§ Work required
Reproduce only the top of the records, down to and including the line containing "IfSome result (λ".

*** Input records ***

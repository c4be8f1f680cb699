// Which pairs may be pinned, and pins.
ghost use Rattle.std.specs.Prelude.{◌≡◌, ◌↔◌, ◌+◌, ◌<◌, ◌≤◌, ℕ, None, length, false, true, IfSome, IsSome, IsTrue, slice_index_or, slice_set};
ghost use Rattle.obs_matroid.specs.Lists.{In};
ghost use Rattle.obs_meter.specs.Touches.{touch_at};
ghost use Rattle.obs_forest.specs.inner.Forest.{StandsOver as ForestStandsOver};
ghost use Rattle.obs_assign.specs.inner.Assignment.{HasRoomOf, IsWhole, StandsOver, is_frozen, pairs};
ghost use Rattle.obs_assign.specs.inner.Moves.{turned};
ghost use Rattle.obs_assign.specs.inner.Pins.{IsPinnedAt, MayPin};
ghost use Rattle.obs_assign.specs.inner.Spare.{IsSpare};

use super::Assignment;
use crate::Move;
use crate::spare::{spare_for, take_pin};
use crate::steps::{Steps, turn};
use obs_graph::Graph;
use obs_meter::Meters;
use std::sync::ledger::Ledger;

impl Assignment {
    /// Whether `pin` may be called for m and e, a present branch: whether m isn't frozen, no frozen meter has e, and
    /// the frozen branches don't join the ends of e.
    pub fn may_pin(&mut self, g: &Graph, m: u32, e: u32) -> bool
        requires stands { ForestStandsOver self.old.forest g.now }
        requires m { m < length self.old.slots }
        requires present { IsSome (slice_index_or g.now.ends e None) }
        ensures may { IsTrue result ↔ MayPin self.old g.now.ends m e }
        ensures same { self.new ≡ self.old }
    {
        self.spare(g, m, e).is_some()
    }

    /// The meter that gives up its pair where m is pinned to e, a present branch: m itself, where no other one has to.
    /// None where `pin` may not be called.
    pub fn spare(&mut self, g: &Graph, m: u32, e: u32) -> Option<u32>
        requires stands { ForestStandsOver self.old.forest g.now }
        requires m { m < length self.old.slots }
        requires present { IsSome (slice_index_or g.now.ends e None) }
        ensures spare { IfSome result (λ x. IsSpare g.now.ends self.old.slots self.old.frozen m e x) }
        ensures may { IsSome result ↔ MayPin self.old g.now.ends m e }
        ensures same { self.new ≡ self.old }
    {
        if self.frozen[m as usize] {
            return None;
        }
        let meters = self.kept.slots().len();
        spare_for(g, &self.kept, &self.frozen[..meters], &mut self.path, m, e)
    }

    /// Makes m and e a frozen pair, and ticks once. Any other pair of m or of e is given up, and else at most one,
    /// which isn't frozen.
    pub fn pin<L: Ledger>(&mut self, g: &Graph, ms: &Meters, m: u32, e: u32, steps: &mut Steps<L>)
        requires stands { StandsOver self.old g.now ms.now.touches }
        requires m { m < length self.old.slots }
        requires touched { In e (touch_at g.now.ends ms.now.touches m) }
        requires may { MayPin self.old g.now.ends m e }
        ensures pinned { (x : ℕ) × IsPinnedAt self.old g.now.ends m e self.new.slots x }
        ensures frozen { self.new.frozen ≡ slice_set self.old.frozen m true }
        ensures bound { length (pairs self.new) ≤ length (pairs self.old) + 1 }
        ensures turns { self.new.turns ≡ turned self.old.turns }
        ensures tick { steps.new ≡ steps.old + 1 }
        ensures stands { StandsOver self.new g.now ms.now.touches }
        ensures whole { IsWhole self.new }
        ensures same_room { HasRoomOf self.old self.new }
    {
        let x = self.spare(g, m, e).unwrap();
        self.pin_for(g, ms, m, e, x, steps);
    }

    /// As `pin`, where x is the meter that `spare` found.
    pub fn pin_for<L: Ledger>(
        &mut self,
        g: &Graph,
        ms: &Meters,
        m: u32,
        e: u32,
        x: u32,
        steps: &mut Steps<L>,
    )
        requires stands { StandsOver self.old g.now ms.now.touches }
        requires m { m < length self.old.slots }
        requires touched { In e (touch_at g.now.ends ms.now.touches m) }
        requires thawed { is_frozen self.old m ≡ false }
        requires spare { IsSpare g.now.ends self.old.slots self.old.frozen m e x }
        ensures pinned { IsPinnedAt self.old g.now.ends m e self.new.slots x }
        ensures frozen { self.new.frozen ≡ slice_set self.old.frozen m true }
        ensures bound { length (pairs self.new) ≤ length (pairs self.old) + 1 }
        ensures turns { self.new.turns ≡ turned self.old.turns }
        ensures tick { steps.new ≡ steps.old + 1 }
        ensures stands { StandsOver self.new g.now ms.now.touches }
        ensures whole { IsWhole self.new }
        ensures same_room { HasRoomOf self.old self.new }
    {
        let _ = ms;
        let _ = g.vertices();
        let pin = Move {
            meter: m,
            branch: e,
        };
        take_pin(g, &mut self.kept, pin, x);
        self.frozen[m as usize] = true;
        self.turns = turn(self.turns, steps);
    }
}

*** End of Input records ***

§ Solution to this problem
repository c4be8f1f680cb699
// Which pairs may be pinned, and pins.
ghost use Rattle.std.specs.Prelude.{◌≡◌, ◌↔◌, ◌+◌, ◌<◌, ◌≤◌, ℕ, None, length, false, true, IfSome, IsSome, IsTrue, slice_index_or, slice_set};
ghost use Rattle.obs_matroid.specs.Lists.{In};
ghost use Rattle.obs_meter.specs.Touches.{touch_at};
ghost use Rattle.obs_forest.specs.inner.Forest.{StandsOver as ForestStandsOver};
ghost use Rattle.obs_assign.specs.inner.Assignment.{HasRoomOf, IsWhole, StandsOver, is_frozen, pairs};
ghost use Rattle.obs_assign.specs.inner.Moves.{turned};
ghost use Rattle.obs_assign.specs.inner.Pins.{IsPinnedAt, MayPin};
ghost use Rattle.obs_assign.specs.inner.Spare.{IsSpare};

use super::Assignment;
use crate::Move;
use crate::spare::{spare_for, take_pin};
use crate::steps::{Steps, turn};
use obs_graph::Graph;
use obs_meter::Meters;
use std::sync::ledger::Ledger;

impl Assignment {
    /// Whether `pin` may be called for m and e, a present branch: whether m isn't frozen, no frozen meter has e, and
    /// the frozen branches don't join the ends of e.
    pub fn may_pin(&mut self, g: &Graph, m: u32, e: u32) -> bool
        requires stands { ForestStandsOver self.old.forest g.now }
        requires m { m < length self.old.slots }
        requires present { IsSome (slice_index_or g.now.ends e None) }
        ensures may { IsTrue result ↔ MayPin self.old g.now.ends m e }
        ensures same { self.new ≡ self.old }
    {
        self.spare(g, m, e).is_some()
    }

    /// The meter that gives up its pair where m is pinned to e, a present branch: m itself, where no other one has to.
    /// None where `pin` may not be called.
    pub fn spare(&mut self, g: &Graph, m: u32, e: u32) -> Option<u32>
        requires stands { ForestStandsOver self.old.forest g.now }
        requires m { m < length self.old.slots }
        requires present { IsSome (slice_index_or g.now.ends e None) }
        ensures spare { IfSome result (λ x. IsSpare g.now.ends self.old.slots self.old.frozen m e x) }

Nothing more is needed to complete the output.